Action item
Line by line, give the data again exactly as it appears.

Data for review
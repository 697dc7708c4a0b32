//! Shops: who waits, and loses patience.
ghost use Rattle.shop_draw_laws.specs.PatienceLaws.{NobodyOutwaits, PatienceIsDrawn};

/// If the next event of a run of a shop tells `renege`, then a job of that id stands in line until then, and has waited for
/// so many ticks as are told: that is the patience which was drawn as it joined. And as any event happens, whoever stands in
/// line with a patience has waited for no longer than it; and as a server calls, for fewer ticks, if it is above 0.
pub fn law_patience()
    ensures reneges { PatienceIsDrawn }
    ensures waits { NobodyOutwaits }
{}
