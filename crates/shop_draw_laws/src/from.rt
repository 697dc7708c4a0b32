//! Shops: totals from a tick on.
ghost use Rattle.shop_draw_laws.specs.FromLaws.{TotalsFrom};

/// What is counted of an object of a shop from a tick on, and what was told before that tick, are all that is told; and so the
/// sums over the ticks before it and from it on are the sums over all ticks.
pub fn law_from()
    ensures { TotalsFrom }
{}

Answer to the exercise
repository 697dc7708c4a0b32
//! Shops: who waits, and loses patience.
ghost use Rattle.shop_draw_laws.specs.PatienceLaws.{NobodyOutwaits, PatienceIsDrawn};

/// If the next event of a run of a shop tells `renege`, then a job of that id stands in line until then, and has waited for
/// so many ticks as are told: that is the patience which was drawn as it joined. And as any event happens, whoever stands in
/// line with a patience has waited for no longer than it; and as a server calls, for fewer ticks, if it is above 0.
pub fn law_patience()
    ensures reneges { PatienceIsDrawn }
    ensures waits { NobodyOutwaits }
{}
filename crates/shop_draw_laws/src/from.rt
repository 697dc7708c4a0b32
//! Shops: totals from a tick on.
ghost use Rattle.shop_draw_laws.specs.FromLaws.{TotalsFrom};

/// What is counted of an object of a shop from a tick on, and what was told before that tick, are all that is told; and so the
/// sums over the ticks before it and from it on are the sums over all ticks.
pub fn law_from()
    ensures { TotalsFrom }
{}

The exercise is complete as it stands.